# current member experiences



## Kagehitokiri2

dont recall if there was an active thread along these lines in the past
figured start a new one, in case anyone wants to share

i found this interesting >
http://www.sherpareport.com/destination-clubs/paris-guide.html
Quintess - Thomas Chaix - Colette
Hideaways - Catherine Roberts - La Grande Epicerie
Exclusive Resorts - Amy Schneider 

from a paris resident who is a luxury traveler >


> It's more advertisement than real interesting information. Colette is a very special store, but for a New-Yorker or any people living in a big city I guess it's nothing out of this world. And La Grande Epicerie is just the food hall of Le Bon Marché department store. Nothing compared to Harrod's for example. I really do not know why they have chosen to highlight these places!


----------



## Kagehitokiri2

forgot this

Q must be asking members to submit to sherpa
http://www.sherpareport.com/quintess/reviews/quintess/

EE has few recent
http://www.sherpareport.com/equity-estates/reviews/equity-estates/


----------



## Kagehitokiri2

http://www.sherpareport.com/destination-clubs/equity-estates-sell-out-2012.html
Equity Estates Announces Sell Out of Fund I by May 1, 2012

im assuming theyve reached the approximate number they want, and are giving people another 1.5 months to join

after closing they add management fee

***

vs original article

http://www.departures.com/articles/boutique-shopping-in-paris by Martine Assouline
login: john smith password: 371909
from a paris resident who is a luxury traveler >


> It seems to be a high end selection of very special stores...this kind of boutiques sell very unique items, you will not find them very easily (like Vuitton or Hermès which are great but they have boutiques all around the world). The ones I know:
> - Hobbs is nice
> - Azzedine Alaïa is a couturier...quite famous
> - Jean-Paul Hévin sells chocolates to die for
> - Serge Lutens is a great perfumer
> The selection is quite interesting.


http://www.assouline.com/info.html
http://www.departures.com/arts-and-culture/the-world-of-assouline


----------



## Kagehitokiri2

http://www.sherpareport.com/quintess/french-laundry.html



> San Francisco, where she'd arranged a *non-Quintess rental* home in wine country. Even though we weren't staying at a Quintess property, the local Host greeted us at the home and showed us around.
> 
> Before we arrived in San Francisco, I made an impossible request: reservations at French Laundry in Yountville. I knew it was highly unlikely, but asked anyway. At 10:30 the next morning, we got a call from our Host who said, "I got you lunch reservations at 11:45; you have to decide in the next five minutes." Our response was an enthusiastic yes. Just as we were beginning to get excited, I realized I had only resort Cabo-style clothing with me. Not a jacket in sight! As soon as she caught wind of the situation, our Host was back, this time with two jackets in hand – one that belonged to her husband and one that she had borrowed from a friend who owns a men's clothing store in the area.

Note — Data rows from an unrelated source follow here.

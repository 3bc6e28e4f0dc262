// The race of number 31.
ghost use Rattle.std.specs.Prelude.{◌≡◌, not, cond, ◌&&◌, ◌≤◌, drop};
ghost use Rattle.std.specs.List.{find, filter};
ghost use Rattle.model.specs.Limits.{max_actions};
ghost use Rattle.model.specs.Answers.{checked};
ghost use Rattle.model.specs.Layout.{size, write};
ghost use Rattle.model.specs.WorkArea.{shown};
ghost use Rattle.model.specs.Rules.{racing};
ghost use Rattle.rules.specs.Searches.{meets, races, least_pair};

use answers::rule_of_pair;
use model::Answer;
use positions::lists;
use positions::lists::PLAIN;

// Neither happens before the other.
fn unordered(part: &[u64], a: u16, b: u16) -> bool
    ensures { result ≡ (not (shown part.now a b) && not (shown part.now b a)) }
{
    !rows::before(part, a, b) && !rows::before(part, b, a)
}

// The first of the entries that is on a's variable, and not ordered with a.
fn met(x: &[u8], part: &[u64], a: u16, entries: &[u16]) -> Option<u16>
    ensures { result ≡ find (meets (shown part.now) x.now a) entries.now }
{
    let variable = fields::target(x, a);
    entries.iter().copied().find(|b| variable == fields::target(x, *b) && unordered(part, a, *b))
}

// The first of the later plain accesses that races with the plain access a. A read is held against the later writes alone.
fn raced(x: &[u8], part: &[u64], a: u16, later: &[u16], writes: &[u16]) -> Option<u16>
    requires { writes.now ≡ filter (write x.now) later.now }
    ensures { result ≡ find (races (shown part.now) x.now a) later.now }
{
    if table::write(x, a) {
        met(x, part, a, later)
    } else {
        met(x, part, a, writes)
    }
}

// The writes behind the plain access a, of those from a on.
fn behind<'a>(x: &[u8], a: u16, writes: &'a [u16]) -> &'a [u16]
    ensures { result.now ≡ drop (cond (write x.now a) 1 0) writes.now }
{
    match writes.split_first() {
        Some((_, later)) if table::write(x, a) => later,
        _ => writes,
    }
}

// The least pair of plain accesses that races: each is held against those after it. `writes` has those that write.
fn least_pair(x: &[u8], part: &[u64], plain: &[u16], writes: &[u16]) -> Option<(u16, u16)>
    requires { writes.now ≡ filter (write x.now) plain.now }
    ensures { result ≡ least_pair (races (shown part.now) x.now) plain.now }
{
    let mut rest = plain;
    let mut written = writes;
    while let Some((a, later)) = rest.split_first() {
        written = behind(x, *a, written);
        if let Some(b) = raced(x, part, *a, later, written) {
            return Some((*a, b));
        }
        rest = later;
    }
    None
}

// 31, of a section within the limit.
pub(crate) fn race_free(x: &[u8], part: &[u64]) -> Result<(), Answer>
    requires { size x.now ≤ max_actions }
    ensures { result ≡ checked (racing (shown part.now) x.now) }
{
    let plain = lists::listed(x, PLAIN);
    let writes = lists::listed(x, lists::PLAIN_WRITES);
    rule_of_pair(
        31,
        0,
        least_pair(x, part, plain.as_slice(), writes.as_slice()),
    )
}
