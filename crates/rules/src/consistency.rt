// 17 and 18, the consistency rules.
ghost use Rattle.std.specs.Prelude.{◌≡◌, ◌&&◌, eqb, ltb, leb, ◌<◌};
ghost use Rattle.model.specs.Search.{any, found, position, below};
ghost use Rattle.model.specs.Answers.{checked};
ghost use Rattle.model.specs.Layout.{size, target, place};
ghost use Rattle.model.specs.WorkArea.{shown};
ghost use Rattle.model.specs.Rules.{latest, broken17, broken18, consistent};
ghost use Rattle.rules.specs.Sources.{ident_at, before, foreseen};
ghost use Rattle.rules.specs.Searches.{hiding};

use crate::seen::Found;
use answers::rule;
use model::{Answer, Kind};

// b is on the variable, at a place below this one and from `from` on.
fn in_range(x: &[u8], variable: u8, from: u16, below: u16, b: u16) -> bool
    ensures { result ≡ (eqb (target x.now b) variable && (leb from (place x.now b) && ltb (place x.now b) below)) }
{
    fields::target(x, b) == variable && (from..below).contains(&fields::place(x, b))
}

// The identifier of the write w; 0 of the initial one.
fn ident_at(x: &[u8], w: Option<u16>) -> u16
    ensures { result ≡ ident_at x.now w }
{
    w.map_or(0, |w| fields::ident(x, w))
}

// The write w happens before b: the initial one does before every action.
fn before(part: &[u64], w: Option<u16>, b: u16) -> bool
    ensures { result ≡ before (shown part.now) w b }
{
    w.is_none_or(|w| rows::before(part, w, b))
}

// a happens before the write w: never before the initial one.
fn foreseen(part: &[u64], a: u16, w: Option<u16>) -> bool
    ensures { result ≡ foreseen (shown part.now) a w }
{
    w.is_some_and(|w| rows::before(part, a, w))
}

// b happens after the write w, and before a.
fn between(part: &[u64], w: Option<u16>, b: u16, a: u16) -> bool
    ensures { result ≡ (before (shown part.now) w b && shown part.now b a) }
{
    before(part, w, b) && rows::before(part, b, a)
}

impl Found<'_> {
    // The write to a's variable of largest place below a's, in one pass over the writes: a later one has a place from `from` on.
    fn latest(&self, a: u16) -> Option<u16>
        ensures { result ≡ below (size self.now.x.now) (latest self.now.x.now a) }
    {
        let variable = fields::target(self.x, a);
        let below = fields::place(self.x, a);
        let writes = self.writes();
        let mut best = None;
        let mut from = 0;
        for b in writes {
            if in_range(self.x, variable, from, below, *b) {
                best = Some(*b);
                from = fields::place(self.x, *b) + 1;
            }
        }
        best
    }

    fn broken17(&self, a: u16) -> bool
        ensures { result ≡ broken17 self.now.x.now a }
    {
        fields::kind(self.x, a) == Kind::VolatileRead as u8
            && fields::seen(self.x, a) != ident_at(self.x, self.latest(a))
    }

    pub(crate) fn first17(&self) -> Option<u16>
        ensures { result ≡ position (found (size self.now.x.now) (broken17 self.now.x.now)) }
    {
        (0..fields::size(self.x)).find(|a| self.broken17(*a))
    }

    // A write to a's variable happens before a, and after the write w. What is cheap and fails most often comes first.
    fn hidden(&self, a: u16, w: Option<u16>) -> bool
        ensures { result ≡ any (size self.now.x.now) (hiding (shown self.now.part.now) self.now.x.now a w) }
    {
        let variable = fields::target(self.x, a);
        self.writes().iter().any(|b| fields::target(self.x, *b) == variable
            && between(self.part, w, *b, a))
    }

    fn broken18(&self, a: u16) -> bool
        requires { a < size self.now.x.now }
        ensures { result ≡ broken18 (shown self.now.part.now) self.now.x.now a }
    {
        if fields::kind(self.x, a) != Kind::Read as u8 {
            return false;
        }
        let w = self.source(a);
        foreseen(self.part, a, w) || self.hidden(a, w)
    }

    pub(crate) fn first18(&self) -> Option<u16>
        ensures { result ≡ position (found (size self.now.x.now) (broken18 (shown self.now.part.now) self.now.x.now)) }
    {
        (0..fields::size(self.x)).find(|a| self.broken18(*a))
    }

    // The seen-write rules and the consistency rules, 15 to 18.
    pub(crate) fn consistent(&self, s: u8) -> Result<(), Answer>
        ensures { result ≡ checked (consistent (shown self.now.part.now) s self.now.x.now) }
    {
        rule(15, s, self.first15())?;
        rule(16, s, self.first16())?;
        rule(17, s, self.first17())?;
        rule(18, s, self.first18())
    }
}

ok, now thats pretty interesting - local host with non Q property (Q has 2 wine country properties)


----------



## Kagehitokiri2

some concierges obtain access to providers/etc by sending big spenders to providers
has anyone felt they benefitted from this kind of access, due to a club's leveraging of some of their HNW members who are bigger spenders? (just looking at some of the club concierge/experiential feedback)
or at the moment does this only apply to ER, in terms of how it scales
besides ER only Q has hundreds of members
but then again AK has the parent company

any AK members tried this? http://www.akairportconcierge.com/
they should have some kind of discount or something for RC members

re "clubs" with no deposits - has anyone actually seen substantial discounted rates available?


----------



## NeilGoBlue

Kagehitokiri2 said:


> some concierges obtain access to providers/etc by sending big spenders to providers
> has anyone felt they benefitted from this kind of access, due to a club's leveraging of some of their HNW members who are bigger spenders? (just looking at some of the club concierge/experiential feedback)
> or at the moment does this only apply to ER, in terms of how it scales
> besides ER only Q has hundreds of members
> but then again AK has the parent company
> 
> any AK members tried this? http://www.akairportconcierge.com/
> they should have some kind of discount or something for RC members
> 
> re "clubs" with no deposits - has anyone actually seen substantial discounted rates available?



My personal experience is that the concierges at the 'big' properties have access.  When we stayed at the Ritz Carlton Destination Club (exchange with AK) in San Francisco, the concierge there, got us into Gary Danko.  I don't think that would have happened with a normal concierge (even AK).  The Ritz Concierges are 'concierging' for hundreds of clients.  (vs at an ak house there is only 1).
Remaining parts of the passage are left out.